La cuestión es si más allá de las dictaduras, si en los sistemas con procedimientos democráticos, podría darse mecanismos similares. De hecho, no pocos de los métodos descritos en 1984 se están dando en la actualidad en nuestras democracias, a la vez que sigue el poder acudiendo a las verdades y a los valores hegemónicos, de los que no se puede discrepar, hay una presión social enorme que acusa y menosprecia a los disidentes, a lo que se añade una sensación de impotencia que parte de la idea de imposibilidad de políticas distintas a las proclamadas como únicas, ya no digamos de transformar la sociedad. Hay que tragar con una realidad infame, genocidios incluidos ante nuestros ojos, la inevitabilidad de lo grotesco, cuando no de la política de la muerte. Los responsables del tráfico de trenes siguen alegando la legalidad vigente y la normalidad de sus consecuencias para seguir firmando los pases de los vagones. Da igual lo que transporten.

lunes, 1 de enero de 2024

1984

 


De haber sido real la novela y no una ficción, estaríamos en este 2024 que hoy iniciamos en el cuadragésimo aniversario de un incidente tan turbador como inquietante sufrido por el funcionario Winston Smith. Al escribir su historia, supo Georges Orwell trazar en 1984 la cotidianidad y las contradicciones de un empleado público que cumplía en el Ministerio de la Verdad con la misión de adaptar los vaticinios del poder a la realidad, o tal vez la realidad a los vaticinios del poder, en todo caso adecuar la información, las previsiones y los balances a lo que ocurría, o lo que es lo mismo, dibujar o desdibujar esta realidad, mostrar en todo momento que el Partido acertaba siempre, que conseguía diseñar por completo la sociedad, convertida más en una serie de escenarios en provecho del poder, en beneficio de sus intereses, que en algo existente, sin importar que fuesen reales o no los contenidos de tales escenarios ficticios. En definitiva, la misión de construir la realidad o, como lo diríamos hoy, en una expresión que quizá provocase en el autor británico a la vez hilaridad y abatimiento por haber acertado en sus peores presagios, establecer un relato.

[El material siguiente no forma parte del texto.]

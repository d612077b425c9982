//! Laws over the definitions alone.
ghost use Rattle.canary_tables_schema.specs.Laws.{OneReading};

/// The rows that a database stores are those that its trees are read as: none is passed over, and
/// no two lists of rows are stored alike.
pub fn one_reading()
    ensures { OneReading }
{}
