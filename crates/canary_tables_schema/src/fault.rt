//! Why the database did not do what it was asked.
ghost use Rattle.std.specs.Prelude.{◌≡◌};
ghost use Rattle.sqlite.specs.State.{store_error};
ghost use Rattle.canary_tables_schema.specs.Faults.{fault_of};

use canary_base::error::Memory;
use sqlite::{Error, ErrorCode};
use sqlite_trees::error::StoreError;
use thiserror::Error;

/// Why a database did not do what it was asked.
#[derive(Clone, Copy, Debug, PartialEq, Eq, Error)]
pub enum StoreFault {
    /// An allocation was refused.
    #[error("out of memory")]
    Memory,
    /// A statement of the store failed.
    #[error("the store failed")]
    Storage,
}

impl From<Memory> for StoreFault {
    ghost use Rattle.std.specs.Prelude.{◌≡◌};
    ghost use Rattle.canary_tables_schema.specs.declared.fault.StoreFault.TheVariants as fault;

    ghost from_gives = { λ _ made. made ≡ fault.Memory };

    // A refused allocation is `Memory`.
    fn from(_: Memory) -> StoreFault {
        StoreFault::Memory
    }
}

/// The fault that an error of SQLite comes to.
pub fn fault_of(error: Error) -> StoreFault
    ensures { result ≡ fault_of error }
{
    match error {
        Error::SqliteFailure(ErrorCode::OutOfMemory) => StoreFault::Memory,
        _ => StoreFault::Storage,
    }
}

// The fault that an error of the store itself comes to.
pub(crate) fn fault_below(error: StoreError) -> StoreFault
    ensures { result ≡ fault_of (store_error error) }
{
    match error {
        StoreError::OutOfMemory => StoreFault::Memory,
        _ => StoreFault::Storage,
    }
}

En 1984, escrito entre 1947 y 1949, fecha de su publicación, o sea, al poco de acabada la guerra mundial, cuando comenzó la expansión de la URSS y se mantenían tanto en Portugal como en España regímenes fascistas, Georges Orwell pretendía advertirnos de los peligros siempre latentes del autoritarismo y su perversa maquinaria social. Mostró bien a las claras la capacidad de manipular la realidad mediante el uso perverso del lenguaje, los cambios en la percepción de la realidad, la creación de mecanismos de control, la propia aceptación de la población de todos los cánones de opresión –no en vano, varios lustros después, Malcolm X diría que los medios de comunicación podían conseguir que se amara al opresor. Y si nos lo advertía en ese momento Orwell, cuando el nazismo acababa de derrotarse, es porque veía vigentes aún los peligros del autoritarismo.

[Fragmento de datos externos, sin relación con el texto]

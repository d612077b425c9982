//! Each table of the desk, with its tree.
ghost use Rattle.std.specs.Prelude.{◌≡◌, ◌↔◌, IsTrue, ◌++◌};
ghost use Rattle.canary_tables_schema.specs.Schema.{meta, caller, kept, service, run, measurement};
ghost use Rattle.canary_tables_schema.specs.Schema.{sequence, history, revision, binding, tally};
ghost use Rattle.canary_tables_schema.specs.Schema.{early_tables, late_tables};

use crate::columns::{ColumnLayout, are_columns};
use crate::numbers::Numbers;
use crate::parts::{is_formed, is_keyed, is_one_key, is_one_order, is_one_reference, is_unkeyed};
use sqlite_schema::schema::Table;

/// Whether it is the table with the number of the schema, in tree 0.
pub(crate) fn is_meta(table: &Table) -> bool
    ensures { IsTrue result ↔ table.now ≡ meta }
{
    is_formed(table, b"meta", 0, Some(0), &[0], false)
        && are_columns(
            table.columns.as_slice(),
            &[ColumnLayout::Whole(b"id"), ColumnLayout::Whole(b"schema")],
        )
        && is_unkeyed(table)
}

/// Whether it is the table of callers, in tree 1.
pub(crate) fn is_caller(table: &Table) -> bool
    ensures { IsTrue result ↔ table.now ≡ record caller { tree = 1 } }
{
    is_keyed(table, b"caller", 1, &[1])
        && are_columns(
            table.columns.as_slice(),
            &[
                ColumnLayout::Words(b"name"),
                ColumnLayout::Whole(b"settled"),
            ],
        )
        && table.references.is_empty()
}

/// Whether it is the table of settled requests, in tree 3, with its reference to callers.
pub(crate) fn is_kept(table: &Table) -> bool
    ensures { IsTrue result ↔ table.now ≡ record kept { tree = 3 } }
{
    is_keyed(table, b"kept", 3, &[1, 2])
        && are_columns(
            table.columns.as_slice(),
            &[
                ColumnLayout::Words(b"caller"),
                ColumnLayout::Whole(b"number"),
                ColumnLayout::Words(b"command"),
                ColumnLayout::Whole(b"status"),
                ColumnLayout::Words(b"body"),
            ],
        )
        && is_one_reference(&table.references, b"caller")
}

/// Whether it is the table of services, in that tree.
pub(crate) fn is_service(table: &Table, tree: u32) -> bool
    ensures { IsTrue result ↔ table.now ≡ record service { tree = tree } }
{
    is_keyed(table, b"service", tree, &[1])
        && are_columns(
            table.columns.as_slice(),
            &[
                ColumnLayout::Words(b"name"),
                ColumnLayout::Words(b"spec"),
                ColumnLayout::Words(b"stable"),
                ColumnLayout::Words(b"version"),
                ColumnLayout::Whole(b"state"),
                ColumnLayout::Whole(b"step"),
                ColumnLayout::Whole(b"entered"),
                ColumnLayout::Whole(b"hold"),
                ColumnLayout::Whole(b"background"),
                ColumnLayout::Whole(b"runs"),
                ColumnLayout::Whole(b"last"),
            ],
        )
        && table.references.is_empty()
}

/// Whether it is the table of runs, in that tree, with its reference to services.
pub(crate) fn is_run(table: &Table, tree: u32) -> bool
    ensures { IsTrue result ↔ table.now ≡ record run { tree = tree } }
{
    is_keyed(table, b"run", tree, &[1, 2])
        && are_columns(
            table.columns.as_slice(),
            &[
                ColumnLayout::Words(b"service"),
                ColumnLayout::Whole(b"number"),
                ColumnLayout::Maybe(b"step"),
                ColumnLayout::Whole(b"started"),
                ColumnLayout::Maybe(b"closed"),
                ColumnLayout::Whole(b"outside"),
                ColumnLayout::Whole(b"verdict"),
            ],
        )
        && is_one_reference(&table.references, b"service")
}

/// Whether it is the table of measurements, in that tree; `is_placed` if places are NOT NULL.
pub(crate) fn is_measurement(table: &Table, tree: u32, is_placed: bool) -> bool
    ensures { IsTrue result ↔ table.now ≡ record (measurement is_placed) { tree = tree } }
{
    is_formed(table, b"measurement", tree, Some(0), &[0], true)
        && are_columns(
            table.columns.as_slice(),
            &[
                ColumnLayout::Place(is_placed),
                ColumnLayout::Words(b"service"),
                ColumnLayout::Whole(b"run"),
                ColumnLayout::Whole(b"metric"),
                ColumnLayout::Whole(b"ordinal"),
                ColumnLayout::Whole(b"taken"),
                ColumnLayout::Whole(b"phase"),
                ColumnLayout::Words(b"outcome"),
            ],
        )
        && is_one_key(&table.uniques, &[2, 3, 4, 5])
        && is_one_order(&table.orders)
        && table.references.is_empty()
}

/// Whether it is the table in which SQLite counts places, in that tree.
pub(crate) fn is_sequence(table: &Table, tree: u32) -> bool
    ensures { IsTrue result ↔ table.now ≡ record sequence { tree = tree } }
{
    is_formed(table, b"sqlite_sequence", tree, None, &[], false)
        && are_columns(
            table.columns.as_slice(),
            &[ColumnLayout::Any(b"name"), ColumnLayout::Any(b"seq")],
        )
        && is_unkeyed(table)
}

/// Whether it is the table of histories, in that tree; `is_placed` if places are NOT NULL.
pub(crate) fn is_history(table: &Table, tree: u32, is_placed: bool) -> bool
    ensures { IsTrue result ↔ table.now ≡ record (history is_placed) { tree = tree } }
{
    is_formed(table, b"history", tree, Some(0), &[0], true)
        && are_columns(
            table.columns.as_slice(),
            &[
                ColumnLayout::Place(is_placed),
                ColumnLayout::Words(b"service"),
                ColumnLayout::Whole(b"moment"),
                ColumnLayout::Words(b"line"),
            ],
        )
        && is_unkeyed(table)
}

// Whether it is the table of revisions of templates, in that tree.
fn is_revision(table: &Table, tree: u32) -> bool
    ensures { IsTrue result ↔ table.now ≡ record revision { tree = tree } }
{
    is_keyed(table, b"revision", tree, &[1, 2])
        && are_columns(
            table.columns.as_slice(),
            &[
                ColumnLayout::Words(b"name"),
                ColumnLayout::Whole(b"revision"),
                ColumnLayout::Words(b"spec"),
            ],
        )
        && table.references.is_empty()
}

// Whether it is the table of bindings, in that tree, with its reference to services.
fn is_binding(table: &Table, tree: u32) -> bool
    ensures { IsTrue result ↔ table.now ≡ record binding { tree = tree } }
{
    is_keyed(table, b"binding", tree, &[1, 2, 3])
        && are_columns(
            table.columns.as_slice(),
            &[
                ColumnLayout::Words(b"service"),
                ColumnLayout::Whole(b"run"),
                ColumnLayout::Words(b"template"),
                ColumnLayout::Whole(b"revision"),
            ],
        )
        && is_one_reference(&table.references, b"service")
}

// Whether it is the table of tallies, with passes, in that tree.
fn is_tally(table: &Table, tree: u32) -> bool
    ensures { IsTrue result ↔ table.now ≡ record tally { tree = tree } }
{
    is_keyed(table, b"tally", tree, &[1, 2, 3])
        && are_columns(
            table.columns.as_slice(),
            &[
                ColumnLayout::Words(b"service"),
                ColumnLayout::Whole(b"run"),
                ColumnLayout::Whole(b"metric"),
                ColumnLayout::Whole(b"counted"),
                ColumnLayout::Whole(b"failed"),
                ColumnLayout::Whole(b"inconclusive"),
                ColumnLayout::Whole(b"errors"),
                ColumnLayout::Whole(b"consecutive"),
                ColumnLayout::Whole(b"passes"),
                ColumnLayout::Maybe(b"last"),
            ],
        )
        && table.references.is_empty()
}

// The first five tables, in the order in which they are made.
fn are_early_tables(tables: &[Table], numbers: &Numbers) -> bool
    ensures { IsTrue result ↔ tables.now ≡ early_tables numbers.now }
{
    match tables {
        [meta, caller, kept, service, run] => {
            is_meta(meta)
                && is_caller(caller)
                && is_kept(kept)
                && is_service(service, numbers.service)
                && is_run(run, numbers.run)
        }
        _ => false,
    }
}

// The other six.
fn are_late_tables(tables: &[Table], numbers: &Numbers) -> bool
    ensures { IsTrue result ↔ tables.now ≡ late_tables numbers.now }
{
    match tables {
        [measurement, sequence, history, revision, binding, tally] => {
            is_measurement(measurement, numbers.measurement, numbers.is_placed)
                && is_sequence(sequence, numbers.sequence)
                && is_history(history, numbers.history, numbers.is_placed)
                && is_revision(revision, numbers.revision)
                && is_binding(binding, numbers.binding)
                && is_tally(tally, numbers.tally)
        }
        _ => false,
    }
}

// All tables.
pub(crate) fn are_tables(tables: &[Table], numbers: &Numbers) -> bool
    ensures { IsTrue result ↔ tables.now ≡ early_tables numbers.now ++ late_tables numbers.now }
{
    if tables.len() != 11 {
        return false;
    }
    are_early_tables(&tables[..5], numbers) && are_late_tables(&tables[5..], numbers)
}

El régimen distópico que nos describe 1984 posee rasgos del estalinismo, en plena expansión, y del nazismo, vencido. No hay que olvidar que durante unos pocos años rigió el Pacto Ribbentrop – Mólotov, firmado en agosto de 1939, un pacto de no agresión entre la URSS y Alemania. Aun cuando se trataba de dos regímenes muy diferentes entre sí, con visiones, mentalidades y prismas incluso contradictorios, compartían estructuras autoritarias y medidas que podían intercambiarse de un país a otro sin que notásemos la diferencia. Es cierto en todo caso que para escribir 1984, resulta aún más evidente en otra de sus novelas, Rebelión en la Granja, el autor pensara en el autoritarismo estalinista, aunque sólo sea por una serie de detalles que apreciamos en la novela y que nos recuerdan lo que ocurría en la URSS y el ambiente de terror y de control expandido en todos los ámbitos sociales del imperio del Zar rojo.

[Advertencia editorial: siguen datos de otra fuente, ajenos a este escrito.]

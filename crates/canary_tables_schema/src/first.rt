//! The first schema, which a desk's files had before templates had revisions.
ghost use Rattle.std.specs.Prelude.{◌≡◌, ◌↔◌, IsTrue, ◌++◌};
ghost use Rattle.canary_tables_schema.specs.First.{template, first_tally};
ghost use Rattle.canary_tables_schema.specs.First.{first_early_tables, first_late_tables};
ghost use Rattle.canary_tables_schema.specs.First.{first_key_indexes, first_added_indexes, first_schema};

use crate::columns::{ColumnLayout, IndexLayout, are_columns, are_indexes};
use crate::parts::is_keyed;
use crate::tables;
use sqlite_schema::schema::{Index, Schema, Table};

// Whether it is the table of templates, which had no revisions, in tree 5.
fn is_template(table: &Table) -> bool
    ensures { IsTrue result ↔ table.now ≡ record template { tree = 5 } }
{
    is_keyed(table, b"template", 5, &[1])
        && are_columns(
            table.columns.as_slice(),
            &[ColumnLayout::Words(b"name"), ColumnLayout::Words(b"spec")],
        )
        && table.references.is_empty()
}

// Whether it is the table of tallies, which counted no passes, in tree 11.
fn is_first_tally(table: &Table) -> bool
    ensures { IsTrue result ↔ table.now ≡ record first_tally { tree = 11 } }
{
    is_keyed(table, b"tally", 11, &[1, 2, 3])
        && are_columns(
            table.columns.as_slice(),
            &[
                ColumnLayout::Words(b"service"),
                ColumnLayout::Whole(b"run"),
                ColumnLayout::Whole(b"metric"),
                ColumnLayout::Whole(b"counted"),
                ColumnLayout::Whole(b"failed"),
                ColumnLayout::Whole(b"inconclusive"),
                ColumnLayout::Whole(b"errors"),
                ColumnLayout::Whole(b"consecutive"),
                ColumnLayout::Maybe(b"last"),
            ],
        )
        && table.references.is_empty()
}

// The first five tables, in the order in which they were made.
fn are_first_early(tables: &[Table]) -> bool
    ensures { IsTrue result ↔ tables.now ≡ first_early_tables }
{
    match tables {
        [meta, caller, kept, template, service] => {
            tables::is_meta(meta)
                && tables::is_caller(caller)
                && tables::is_kept(kept)
                && is_template(template)
                && tables::is_service(service, 7)
        }
        _ => false,
    }
}

// The other five.
fn are_first_late(tables: &[Table]) -> bool
    ensures { IsTrue result ↔ tables.now ≡ first_late_tables }
{
    match tables {
        [run, tally, measurement, sequence, history] => {
            tables::is_run(run, 9)
                && is_first_tally(tally)
                && tables::is_measurement(measurement, 13, false)
                && tables::is_sequence(sequence, 15)
                && tables::is_history(history, 16, false)
        }
        _ => false,
    }
}

// All tables.
fn are_first_tables(tables: &[Table]) -> bool
    ensures { IsTrue result ↔ tables.now ≡ first_early_tables ++ first_late_tables }
{
    if tables.len() != 10 {
        return false;
    }
    are_first_early(&tables[..5]) && are_first_late(&tables[5..])
}

// The indexes of the seven keys, in the order in which their tables were made.
fn are_first_keys(indexes: &[Index]) -> bool
    ensures { IsTrue result ↔ indexes.now ≡ first_key_indexes }
{
    are_indexes(
        indexes,
        &[
            IndexLayout::Key(b"sqlite_autoindex_caller_1", 1, &[1]),
            IndexLayout::Key(b"sqlite_autoindex_kept_1", 3, &[1, 2]),
            IndexLayout::Key(b"sqlite_autoindex_template_1", 5, &[1]),
            IndexLayout::Key(b"sqlite_autoindex_service_1", 7, &[1]),
            IndexLayout::Key(b"sqlite_autoindex_run_1", 9, &[1, 2]),
            IndexLayout::Key(b"sqlite_autoindex_tally_1", 11, &[1, 2, 3]),
            IndexLayout::Key(b"sqlite_autoindex_measurement_1", 13, &[2, 3, 4, 5]),
        ],
    )
}

// The three indexes that are the desk's own, in the order in which they were made.
fn are_first_added(indexes: &[Index]) -> bool
    ensures { IsTrue result ↔ indexes.now ≡ first_added_indexes }
{
    are_indexes(
        indexes,
        &[
            IndexLayout::Order(b"run_closed", 17, 9, &[1, 5]),
            IndexLayout::Order(b"measurement_service", 18, 13, &[2]),
            IndexLayout::Order(b"history_service", 19, 16, &[2]),
        ],
    )
}

// All of them.
fn are_first_indexes(indexes: &[Index]) -> bool
    ensures { IsTrue result ↔ indexes.now ≡ first_key_indexes ++ first_added_indexes }
{
    if indexes.len() != 10 {
        return false;
    }
    are_first_keys(&indexes[..7]) && are_first_added(&indexes[7..])
}

/// Whether the schema is the first one: the nine tables that a desk's file had before templates had
/// revisions, the table in which SQLite counts places, the three indexes and those of the keys, and
/// no more.
pub fn is_first(schema: &Schema) -> bool
    ensures { IsTrue result ↔ schema.now ≡ first_schema }
{
    are_first_tables(schema.tables.as_slice())
        && are_first_indexes(schema.indexes.as_slice())
        && schema.views.is_empty()
}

No obstante, no se debe caer en la simplificación, Georges Orwell no escribía desde una posición anticomunista, el suyo no era un alegato a favor de las estructuras democrática-burguesas, su posición antiautoritaria partía de una perspectiva socialista revolucionaria y libertaria, tal era su militancia. Su compromiso era sobre todo contra el autoritarismo, pero no había neutralidad ni era ajeno a la emancipación de los explotados y los desfavorecidos, claro que siendo siempre consciente de la naturaleza del poder, de todo poder, del que siempre se ha de desconfiar, aun cuando lo ejerzan los nuestros.

Y sabía bien de lo que hablaba.

Porque Georges Orwell, simpatizante en aquel momento de una pequeña organización marxista antiautoritaria británica, el Partido Laborista Independiente, había acudido en diciembre de 1936 a España a luchar en las filas del POUM contra el fascismo. Ambos partidos formaban parte de una pléyade de organizaciones y corrientes que desde la izquierda radical se mostraban críticos con la URSS y se oponían a los Procesos de Moscú de mediados de los años treinta. El POUM era unos de los partidos más activos y fuertes a la izquierda del comunismo estalinista. Además, uno de sus principales dirigentes, Andreu Nin, había estado muy vinculado a Trotsky tras la Revolución soviética, lo cual entrañó que fuera blanco de las iras de Stalin. Lo que explica en gran medida lo ocurrido en España y de lo que Georges Orwell fue testigo directo. Se salvó por los pelos, como quien dice, de ser él también víctima de las purgas en las calles de Barcelona por parte de las direcciones del PCE y del PSUC, por aquel entonces satélites de Moscú, y escribió un testimonio emocionado y amargo de esos días terribles en un libro titulado Homenaje a Cataluña.

Por tanto, 1984 es una denuncia del peligro del autoritarismo, cualquiera que sea el adjetivo que lo acompañe.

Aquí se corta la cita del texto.